# Pigeons fighting problem



## Avalona Birdy (Apr 12, 2006)

I am letting my two high-flyers go around in my aviary (which was mainly for my doves and quails )And now they want a nest. They won't make up their mind, and just sitting in any one, and fighting the doves who regularly use the ones they sit in. The males are looking pretty rough at this point, but I don't want to lock them back up in a cage. The Rollers are not a problem, but the male high-flyer is large and constantly trying to have the whole aviary to himself and his mate, which is not possible.What would you suggest?


----------



## Skyeking (Jan 17, 2003)

Male pigeons are basically aggressive and bully's and will take on as much real estate as they can get. If your high-flyers are aggressive and large in size, things are not going to change, he will contantly be challenging the other inmates for their nests. Also, I would not put doves with any aggressive pigeons as doves will be overpowered easily by the pigeons. Yeah, I have two rollers, and they are easy going, but not other breeds.

If your looking for an easy answer, I don't have one. Some birds will get along with others, but these pigeons need to be in a seperate aviary or large cage, or the assault will continue.


----------



## Avalona Birdy (Apr 12, 2006)

Trees Gray said:


> Male pigeons are basically aggressive and bully's and will take on as much real estate as they can get. If your high-flyers are aggressive and large in size, things are not going to change, he will contantly be challenging the other inmates for their nests.


 Aw, darnit. I was worried that that might be the answer. I just did not want to cage them. I have plenty of cages, but none that seem big enough. The doves hold their own for the most part; only the males are bothered. The females just move to another nest, but will the pigeons ever just settle to one? At least, if the female lays eggs in one, will the male stay with her most of the time, so he is not just constantly going everywhere?


----------



## Skyeking (Jan 17, 2003)

Avalona Birdy said:


> Aw, darnit. I was worried that that might be the answer. I just did not want to cage them. I have plenty of cages, but none that seem big enough. The doves hold their own for the most part; only the males are bothered. The females just move to another nest, but will the pigeons ever just settle to one? At least, if the female lays eggs in one, will the male stay with her most of the time, so he is not just constantly going everywhere?


They should eventually find a nest, but that won't end the harrasment. Sitting on eggs will keep him occupied for a few hours a day, and he may be more inclined to calm down a little bit, but he will still have free time.


----------



## Avalona Birdy (Apr 12, 2006)

Trees Gray said:


> Sitting on eggs will keep him occupied for a few hours a day, and he may be more inclined to calm down a little bit, but he will still have free time.

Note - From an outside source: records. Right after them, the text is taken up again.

// The rule of the table behind a turn.
use crate::story::Story;
use crate::view::View;
use atomic_table::TableRule;
use std::marker::PhantomData;
use std::snapshot::Snapshot;

/// What the table is told when it is made: the value, and the number of passes.
#[derive(Drop)]
pub struct Key<T> {
    pub value: Snapshot<T>,
    pub passes: u64,
}

pub struct Ruled<T> {
    of: PhantomData<T>,
}

impl<T: Story> TableRule<Option<T>, View<T::Entry, T::Start>, Key<T>> for Ruled<T> {
    ghost use Rattle.nv_turn.specs.inside.Rule.{KeepsRule};
    ghost use Rattle.nv_turn.specs.inside.Steps.{opening_view};

    ghost holds = { λ key.
        KeepsRule T.caller T.stands T.start (T.start key.value.value) key.passes };

    ghost first = { λ key. opening_view (T.start key.value.value) };
}
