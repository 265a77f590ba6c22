//! Runs of calls on one main storage: lookaside registers cannot be told from none.
ghost use Rattle.std.specs.Prelude.{◌≡◌, List, IfOk, OnOk};
ghost use Rattle.translation.specs.Runs.{last_of, left_by, started, told_by, walk_answers, words_of};

use crate::translator::Translator;
use std::alloc::{AllocError, Global};
use tables::{Controls, Refusal};

/// A call of a run.
#[derive(Clone, Copy, Debug, PartialEq, Eq)]
pub enum Ask {
    Translate(u32),
    Forget(u32),
    Controls,
}

/// How a run starts.
#[derive(Clone, Copy, Debug, PartialEq, Eq)]
pub enum Start {
    Load(Controls),
    Purge,
}

/// What a call of a run answers.
#[derive(Clone, Copy, Debug, PartialEq, Eq)]
pub enum Told {
    Real(Result<usize, Refusal>),
    Forgotten,
    Held(Controls),
}

// One call.
fn answer<T: Translator>(translator: &mut T, storage: &[u8], ask: Ask) -> Told
    ensures told { result ≡ told_by T.Translator.rules storage.now (T.Translator.model translator.old) ask }
    ensures after { T.Translator.model translator.new ≡ left_by T.Translator.rules storage.now (T.Translator.model translator.old) ask }
{
    match ask {
        Ask::Translate(address) => Told::Real(translator.translate(storage, address)),
        Ask::Forget(page) => {
            translator.forget(page);
            Told::Forgotten
        }
        Ask::Controls => Told::Held(translator.controls()),
    }
}

// The start of a run.
fn start_run<T: Translator>(translator: &mut T, storage: &[u8], start: Start)
    ensures { T.Translator.model translator.new ≡ started T.Translator.rules storage.now (T.Translator.model translator.old) start }
{
    match start {
        Start::Load(controls) => translator.load_controls(storage, controls),
        Start::Purge => translator.purge(storage),
    }
}

/// Loads the control words or purges, and then works a list of calls on the same storage. Whatever translator it is, in
/// however many layers, the answers are those of the walk alone.
pub fn answer_all<T: Translator>(
    heap: Global,
    translator: &mut T,
    storage: &[u8],
    start: Start,
    asks: &[Ask],
) -> Result<Vec<Told>, AllocError>
    ensures walked { IfOk result (λ told. told.items ≡ walk_answers storage.now (words_of (T.Translator.rules.controls (T.Translator.model translator.old)) start) asks.now) }
    ensures after { OnOk result (T.Translator.model translator.new ≡ last_of T.Translator.rules storage.now (started T.Translator.rules storage.now (T.Translator.model translator.old) start) asks.now) }
{
    start_run(translator, storage, start);
    let mut told = Vec::new(heap);
    // Not `map` and `collect`: what `collect` ensures leaves open what its closure has made of the translator.
    for ask in asks {
        let one = answer(translator, storage, *ask);
        told.push(one)?;
    }
    Ok(told)
}
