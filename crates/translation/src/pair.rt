//! A lookaside pair: a page, and where its frame starts.
ghost use Rattle.std.specs.Prelude.{ℕ, Some};
ghost use Rattle.translation.specs.Printed.{pair_text};

use recency::Keyed;
use std::fmt;

/// A page, counted in pages of the size that control word 0 names, and the real address of its first byte.
#[derive(Clone, Copy, Debug, PartialEq, Eq)]
pub struct Pair {
    pub page: u32,
    pub start: usize,
}

/// A pair's key is its page.
impl Keyed for Pair {
    ghost key_of = { λ p. p.page };

    fn key(&self) -> u32 {
        self.page
    }
}

/// As `8:4096`.
impl fmt::Display for Pair {
    ghost output = { λ p. Some (pair_text p) };

    fn fmt<W: fmt::Write>(&self, f: &mut fmt::Formatter<W>) -> fmt::Result {
        let Pair { page, start } = self;
        write!(f, "{page}:{start}")
    }
}
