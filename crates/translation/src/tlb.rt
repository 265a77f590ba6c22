//! The TLB: eight lookaside pairs over any translator.
ghost use Rattle.std.specs.Prelude.{◌≤◌, length};

use crate::pair::Pair;
use recency::RecencyList;

/// A layer of eight pairs over a translator. The pairs held stand in the order of their use, the first to go first.
#[derive(Drop)]
pub struct Tlb<T> {
    below: T,
    pairs: RecencyList<Pair, 8>,
    // what the law `valid` of a translator asks; it does not see what the type of `pairs` keeps
    ghost few: { length pairs ≤ 8 },
}

mod calls;
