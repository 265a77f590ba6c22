//! The translator that walks the tables each time and never has a pair.
ghost use Rattle.std.specs.Prelude.{◌≡◌};
ghost use Rattle.tables.specs.declared.Controls.{Controls as ControlWords};
ghost use Rattle.translation.specs.Layers.{walker_rules};
ghost use Rattle.translation.specs.Walked.{walker_lawful};
ghost use Rattle.std.proofs.Common.{rules};

use crate::translator::Translator;
use tables::{Controls, Refusal, walk};

/// Both control words, and nothing else.
#[derive(Clone, Copy, Debug, Default, PartialEq, Eq)]
pub struct Walker {
    controls: Controls,
}

impl Walker {
    /// A fresh walker: both control words are 0.
    pub fn new() -> Walker
        ensures { result.controls ≡ record { cr0 = 0; cr1 = 0 } }
    {
        Walker::default()
    }
}

impl Translator for Walker {
    ghost Model = { ControlWords };

    ghost model = { λ w. w.controls };

    ghost rules = { walker_rules };

    ghost lawful = { walker_lawful };

    ghost valid = { Prim.search rules };

    fn translate(&mut self, storage: &[u8], address: u32) -> Result<usize, Refusal> {
        walk(storage, self.controls, address)
    }

    fn load_controls(&mut self, storage: &[u8], controls: Controls) {
        self.controls = controls;
    }

    fn purge(&mut self, storage: &[u8]) {}

    fn forget(&mut self, page: u32) {}

    fn controls(&self) -> Controls {
        self.controls
    }
}
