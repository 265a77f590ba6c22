//! Translators: from a virtual address to a real one, with or without lookaside registers.
//!
//! `Translator` is the interface; its meaning, both control words and its pairs, and what is certain of every translator
//! stand in `specs/Translator.antt`. `Walker` walks the tables each time; `Tlb<T>` keeps eight pairs over any translator.
//! `runs::answer_all` carries the theorem that lookaside registers cannot be told from none.
#![tactic(auto)]

mod pair;
mod runs;
mod tlb;
mod translator;
mod walker;

pub use pair::Pair;
pub use runs::{Ask, Start, Told, answer_all};
pub use tlb::Tlb;
pub use translator::Translator;
pub use walker::Walker;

 Good point. I put them in a cage, and then gave them a nest IN it.....I may let the female out later, maybe for a few hours each day, but let the male stay in there. I need to make sure that my doves keep laying, because that is how I keep paying for their keep in the first place. The needs of the many overrules the need of the few.


----------



## pdpbison (Mar 15, 2005)

Hi AB, 


Maybe you can build an addition to one end of the Aviary, and put these two in that half...

After a while once they have built their Nest and all, they will likely be able to be let out to fly now and then and they will come on back in to 'their' half.

That way of course, your other gentler ones will have some peace and keep their Feathers...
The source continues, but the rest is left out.